▶ Material supplied
//! Values in layers, one layer for each call that is active.

ghost use Rattle.std.specs.Prelude.{◌≡◌, ◌+◌, ◌-◌, ◌≤◌, ◌<◌, [], ◌∷◌, ◌++◌, drop, length, replicate, reverse, slice_get, slice_set, take, unwrap_or, IfOk, OnOk};
ghost use Rattle.uq_value.specs.declared.value.Value.{Value};
ghost use Rattle.jx9_compile.specs.Machine.{below, top};
ghost use Rattle.jx9_vm.specs.Operating.{value_of};

use crate::operators::Plain;
use std::alloc::Global;
use std::marker::Model;
use std::mem;
use uq_value::{NoMemory, Value};

/// Values in layers, one on top of another, in one vector that keeps its room. Contracts see the upper layer, and what
/// lies under it.
#[derive(Drop)]
pub(crate) struct Layers {
    values: Vec<Value>,
    /// Where the upper layer begins.
    floor: usize,
}

impl Model for Layers {
    ghost use Rattle.std.specs.Prelude.{◌≤◌, drop, length, take};
    ghost use Rattle.std.specs.Coded.{codes};
    ghost use Rattle.uq_value.specs.contracts.value.Value as value;
    ghost use Rattle.jx9_vm.specs.Layered.{Layered};

    ghost Value = { Layered };

    ghost coded = { Prim.hlevel (codes, value.the_row.coded) };

    ghost view = { λ l. record { under = take l.floor l.values.items; here = drop l.floor l.values.items } };

    ghost invariant = { λ l. l.floor ≤ length l.values.items };
}

impl Layers {
    /// One empty layer, with room for so many values.
    pub(crate) fn with_room(alloc: Global, room: usize) -> Result<Layers, NoMemory>
        ensures under { IfOk result (λ l. l.under ≡ []) }
        ensures here { IfOk result (λ l. l.here ≡ []) }
    {
        Ok(Layers {
            values: Vec::with_capacity(alloc, room)?,
            floor: 0,
        })
    }

    /// Where the upper layer begins.
    pub(crate) fn floor(&self) -> usize
        ensures { result ≡ length self.now.under }
    {
        self.floor
    }

    /// The upper layer.
    #[inline(always)]
    pub(crate) fn here(&self) -> &[Value]
        ensures { result.now ≡ self.now.here }
    {
        self.values.as_slice().split_at(self.floor).1
    }

    /// Puts a value on top.
    #[inline(always)]
    pub(crate) fn push(&mut self, value: Value) -> Result<(), NoMemory>
        ensures here { OnOk result (self.new.here ≡ self.old.here ++ value ∷ []) }
        ensures top { OnOk result (reverse self.new.here ≡ value ∷ reverse self.old.here) }
        ensures under { OnOk result (self.new.under ≡ self.old.under) }
    {
        // what is small is written by itself, as a whole value that was just made in parts is slow to move
        match value {
            Value::Int(z) => Ok(self.values.push(Value::Int(z))?),
            Value::Bool(b) => Ok(self.values.push(Value::Bool(b))?),
            other => Ok(self.values.push(other)?),
        }
    }

    /// Takes the top off the upper layer, null where that is empty.
    pub(crate) fn pop(&mut self) -> Value
        ensures value { result ≡ top (reverse self.old.here) }
        ensures rest { reverse self.new.here ≡ below (reverse self.old.here) }
        ensures under { self.new.under ≡ self.old.under }
    {
        if self.floor == self.values.len() {
            return Value::Null;
        }
        match self.values.pop() {
            Some(value) => value,
            None => Value::Null,
        }
    }

    /// Puts a value in the place of another, counted from the start of the upper layer. Where there is none, it is dropped.
    pub(crate) fn set(&mut self, at: usize, value: Value)
        ensures here { self.new.here ≡ slice_set self.old.here at value }
        ensures under { self.new.under ≡ self.old.under }
    {
        let _ = self.exchange(at, value);
    }

    /// Takes a value out of its place, counted from the start of the upper layer, and leaves null there. Where there is
    /// no such place, it is null.
    pub(crate) fn take(&mut self, at: usize) -> Value
        ensures value { result ≡ unwrap_or (slice_get self.old.here at) Value.Null }
        ensures here { self.new.here ≡ slice_set self.old.here at Value.Null }
        ensures under { self.new.under ≡ self.old.under }
    {
        self.exchange(at, Value::Null)
    }

    /// Puts a value in the place of another, and gives the other back; the value itself where there is no such place.
    fn exchange(&mut self, at: usize, value: Value) -> Value
        ensures value { result ≡ unwrap_or (slice_get self.old.here at) value }
        ensures here { self.new.here ≡ slice_set self.old.here at value }
        ensures under { self.new.under ≡ self.old.under }
    {
        if at < self.values.len() - self.floor {
            return mem::replace(&mut self.values[self.floor + at], value);
        }
        value
    }

    /// Puts a number or a truth value in the place of a value, counted from the start of the upper layer, if there is one.
    #[inline(always)]
    pub(crate) fn set_plain(&mut self, at: usize, plain: Plain)
        ensures here { self.new.here ≡ slice_set self.old.here at (value_of plain) }
        ensures under { self.new.under ≡ self.old.under }
    {
        if at < self.values.len() - self.floor {
            write_plain(&mut self.values[self.floor + at], plain);
        }
    }

    /// So many upper values of the upper layer, the lowest first; all of it where it has fewer.
    pub(crate) fn upper(&self, count: usize) -> &[Value]
        ensures { result.now ≡ drop (length self.now.here - count) self.now.here }
    {
        let here = self.here();
        here.split_at(here.len() - count.min(here.len())).1
    }

    /// Drops so many upper values of the upper layer.
    #[inline(always)]
    pub(crate) fn drop_upper(&mut self, count: usize)
        ensures here { self.new.here ≡ take (length self.old.here - count) self.old.here }
        ensures under { self.new.under ≡ self.old.under }
    {
        let count = count.min(self.values.len() - self.floor);
        self.values.truncate(self.values.len() - count);
    }

    /// Drops the top of the upper layer.
    #[inline(always)]
    pub(crate) fn drop_top(&mut self)
        ensures rest { reverse self.new.here ≡ below (reverse self.old.here) }
        ensures under { self.new.under ≡ self.old.under }
    {
        if self.floor < self.values.len() {
            drop_last(&mut self.values);
        }
    }

    /// Puts a number or a truth value in the place of the two upper values.
    #[inline(always)]
    pub(crate) fn replace_two(&mut self, plain: Plain)
        requires { 2 ≤ length self.old.here }
        ensures here { reverse self.new.here ≡ value_of plain ∷ below (below (reverse self.old.here)) }
        ensures under { self.new.under ≡ self.old.under }
    {
        let place = self.values.len() - 2;
        drop_last(&mut self.values);
        write_plain(&mut self.values[place], plain);
    }

    /// Puts an empty layer on top of all.
    pub(crate) fn cover(&mut self)
        ensures here { self.new.here ≡ [] }
        ensures under { self.new.under ≡ self.old.under ++ self.old.here }
    {
        self.floor = self.values.len();
    }

    /// Drops the upper layer, and goes back to the one that begins here.
    pub(crate) fn uncover(&mut self, floor: usize)
        ensures here { self.new.here ≡ drop floor self.old.under }
        ensures under { self.new.under ≡ take floor self.old.under }
    {
        self.values.truncate(self.floor);
        self.floor = floor.min(self.values.len());
    }

    /// Moves the first `kept` of so many upper values to the top of other layers, and drops the others.
    pub(crate) fn move_upper(
        &mut self,
        count: usize,
        kept: usize,
        to: &mut Layers,
    ) -> Result<(), NoMemory>
        ensures moved { OnOk result (to.new.here ≡ to.old.here ++ take kept (drop (length self.old.here - count) self.old.here)) }
        ensures to_under { OnOk result (to.new.under ≡ to.old.under) }
        ensures here { OnOk result (self.new.here ≡ take (length self.old.here - count) self.old.here) }
        ensures under { OnOk result (self.new.under ≡ self.old.under) }
    {
        let count = count.min(self.values.len() - self.floor);
        let from = self.values.len() - count;
        move_values(&mut self.values, from, from + kept.min(count), to)?;
        self.values.truncate(from);
        Ok(())
    }

    /// Puts null on top until the upper layer has so many values.
    pub(crate) fn fill(&mut self, count: usize) -> Result<(), NoMemory>
        ensures here { OnOk result (self.new.here ≡ self.old.here ++ replicate (count - length self.old.here) Value.Null) }
        ensures under { OnOk result (self.new.under ≡ self.old.under) }
    {
        let missing = count.saturating_sub(self.values.len() - self.floor);
        push_nulls(&mut self.values, missing)
    }
}

/// Drops the last value. A number or a truth value owns nothing that would be given back.
#[inline(always)]
fn drop_last(values: &mut Vec<Value>)
    ensures items { values.new.items ≡ take (length values.old.items - 1) values.old.items }
    ensures length { length values.new.items ≡ length values.old.items - 1 }
{
    match values.last() {
        Some(Value::Int(_)) | Some(Value::Bool(_)) => mem::forget(values.pop()),
        _ => values.truncate(values.len().saturating_sub(1)),
    }
}

/// Puts a number or a truth value in the place of a value.
#[inline(always)]
fn write_plain(value: &mut Value, plain: Plain)
    ensures { value.new ≡ value_of plain }
{
    match plain {
        Plain::Number(z) => write_number(value, z),
        Plain::Truth(b) => *value = Value::Bool(b),
    }
}

/// Puts a number in the place of a value. Over a number that is one word.
#[inline(always)]
fn write_number(value: &mut Value, z: i64)
    ensures { value.new ≡ Value.Int z }
{
    match value {
        Value::Int(number) => *number = z,
        other => *other = Value::Int(z),
    }
}

/// Moves the values from one place up to another to the top of the layers, and leaves null in their places.
fn move_values(
    values: &mut Vec<Value>,
    from: usize,
    end: usize,
    to: &mut Layers,
) -> Result<(), NoMemory>
    requires order { from ≤ end }
    requires within { end ≤ length values.old.items }
    ensures moved { OnOk result (to.new.here ≡ to.old.here ++ take (end - from) (drop from values.old.items)) }
    ensures under { OnOk result (to.new.under ≡ to.old.under) }
    ensures front { OnOk result (take from values.new.items ≡ take from values.old.items) }
    ensures same_length { length values.new.items ≡ length values.old.items }
{
    for at in from..end {
        to.push(mem::replace(&mut values[at], Value::Null))?;
    }
    Ok(())
}

/// Puts so many nulls on top.
fn push_nulls(values: &mut Vec<Value>, count: usize) -> Result<(), NoMemory>
    ensures pushed { OnOk result (values.new.items ≡ values.old.items ++ replicate count Value.Null) }
    ensures grows { length values.old.items ≤ length values.new.items }
{
    for _ in 0..count {
        values.push(Value::Null)?;
    }
    Ok(())
}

▶ Directions for this task
What you return should be the lines from the start of the data through the line with "for so many values.", quoted exactly and nothing more.

▶ Answer
//! Values in layers, one layer for each call that is active.

ghost use Rattle.std.specs.Prelude.{◌≡◌, ◌+◌, ◌-◌, ◌≤◌, ◌<◌, [], ◌∷◌, ◌++◌, drop, length, replicate, reverse, slice_get, slice_set, take, unwrap_or, IfOk, OnOk};
ghost use Rattle.uq_value.specs.declared.value.Value.{Value};
ghost use Rattle.jx9_compile.specs.Machine.{below, top};
ghost use Rattle.jx9_vm.specs.Operating.{value_of};

use crate::operators::Plain;
use std::alloc::Global;
use std::marker::Model;
use std::mem;
use uq_value::{NoMemory, Value};

/// Values in layers, one on top of another, in one vector that keeps its room. Contracts see the upper layer, and what
/// lies under it.
#[derive(Drop)]
pub(crate) struct Layers {
    values: Vec<Value>,
    /// Where the upper layer begins.
    floor: usize,
}

impl Model for Layers {
    ghost use Rattle.std.specs.Prelude.{◌≤◌, drop, length, take};
    ghost use Rattle.std.specs.Coded.{codes};
    ghost use Rattle.uq_value.specs.contracts.value.Value as value;
    ghost use Rattle.jx9_vm.specs.Layered.{Layered};

    ghost Value = { Layered };

    ghost coded = { Prim.hlevel (codes, value.the_row.coded) };

    ghost view = { λ l. record { under = take l.floor l.values.items; here = drop l.floor l.values.items } };

    ghost invariant = { λ l. l.floor ≤ length l.values.items };
}

impl Layers {
    /// One empty layer, with room for so many values.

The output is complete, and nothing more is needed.